UK Tax: Capital Gains Tax calculation
My questions are in preparation for a capital Gains Tax calculation.
The asset is a ¼ share in river fishing rights (the fishing) previously held in a trust but now transferred out to the beneficiary (deemed a disposal in the UK).
The fishing was settled into the trust by transfer (Father to Son) in July 1995 and transferred out of the trust, to the beneficiary, in December 2009. The trust was then closed down. As the settlement was by gift so no money changed hands and therefore no monetary value of the asset was considered or recorded.
The value of the asset on disposal date has increased over its value as at the settlement date. Therefore the trust has incurred a Taxable Capital Gain Charge.
The exercise firstly is to calculate the value of the asset at the relevant dates i.e. date of settlement (July1995) and date of disposal (December2009). With this information I can then later calculate the tax payable on the gain.
To calculate the value of the asset at relevant dates:-
I do not have the value of the asset, as at July 1995, however, prior to 1990 the fishery comprised 5 shareholders; 2 shareholders owned ¼ share each and 3 shareholders owned 1/6 share each. In February 1990 a 1/6 shareholder died and the value of his share was agreed by the Inland Revenue for probate at £18000.
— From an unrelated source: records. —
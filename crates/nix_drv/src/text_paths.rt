//! The store path of a text with references.
ghost use Rattle.std.specs.Prelude.{◌≡◌, Some, None, IfOk, IsTrue, if◌then◌else◌};
ghost use Rattle.nix_names.specs.Answers.{Answers};
ghost use Rattle.nix_names.specs.Names.{is_name};
ghost use Rattle.nix_names.specs.Rising.{IsRising};
ghost use Rattle.nix_names.specs.StorePaths.{store_path};
ghost use Rattle.nix_drv.specs.OwnPath.{text_kind, text_path};

use nix_names::{NameFault, StoreDir, StorePath, is_name, make_named_path};
use sha2::{Digest, Sha256};
use std::alloc::{AllocError, Global};

/// The path of a text in a store folder, from its name, its bytes, and its references in rising
/// order, each once. Answers `BadName` where the name is not that of a store path. Costs one
/// SHA-256 over the bytes, one over the fingerprint, which holds the references, and one copy of
/// the references.
pub fn text_path(
    alloc: Global,
    dir: &StoreDir,
    name: &[u8],
    bytes: &[u8],
    refs: &[StorePath],
) -> Result<StorePath, NameFault>
    requires { IsRising refs.now }
    ensures { Answers (if is_name name.now then None else Some NameFault.BadName) result
        (λ path. path ≡ text_path dir.now name.now bytes.now refs.now) }
{
    if !is_name(name) {
        return Err(NameFault::BadName);
    }
    Ok(named_text_path(alloc, dir, name, bytes, refs)?)
}

/// The path of a text, as `text_path` gives it, for a name that is known to be that of a store path.
/// Want of memory is its only fault. Costs as `text_path` does.
#[tactic(auto, unfolding(crate::specs::OwnPath::text_path))]
pub fn named_text_path(
    alloc: Global,
    dir: &StoreDir,
    name: &[u8],
    bytes: &[u8],
    refs: &[StorePath],
) -> Result<StorePath, AllocError>
    requires rising { IsRising refs.now }
    requires named { IsTrue (is_name name.now) }
    ensures { IfOk result (λ path. path ≡ text_path dir.now name.now bytes.now refs.now) }
{
    digested_text_path(alloc, dir, name, &Sha256::digest(bytes), refs)
}

/// The path of a text, by the SHA-256 of its bytes.
pub(crate) fn digested_text_path(
    alloc: Global,
    dir: &StoreDir,
    name: &[u8],
    digest: &[u8; 32],
    refs: &[StorePath],
) -> Result<StorePath, AllocError>
    requires { IsTrue (is_name name.now) }
    ensures { IfOk result (λ path.
        path ≡ store_path (text_kind refs.now) digest.now dir.now name.now) }
{
    let kind = text_kind(alloc, refs)?;
    make_named_path(alloc, &kind, digest, dir, name)
}

// The type of a text path: `text`, then each reference after a colon.
fn text_kind(alloc: Global, refs: &[StorePath]) -> Result<Vec<u8>, AllocError>
    ensures { IfOk result (λ kind. kind.items ≡ text_kind refs.now) }
{
    let mut kind = Vec::from_slice(alloc, b"text")?;
    for path in refs {
        kind.extend_from_slice(b":")?;
        kind.extend_from_slice(path.text())?;
    }
    Ok(kind)
}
On this basis it is logical to value a ¼ share at February 1990 as £18000 x 6/4 = £27000
However, I require a value of the ¼ share as at the date of settlement i.e. 5 years hence at July 1995
so
Question 1.
Accepting that the value of the asset has increased over the 5 years, would it be equally logical to establish the value at July 1995 by relating the dates to the corresponding RPI factors (indices?) on those dates and 'indexing up' from the known value on February 1990 to an interpolated value at July 1995. For example, if the RPI factor has increased by (say) 30% over the 5 years would it be logical to say that the market value has also increased by 30% over that period?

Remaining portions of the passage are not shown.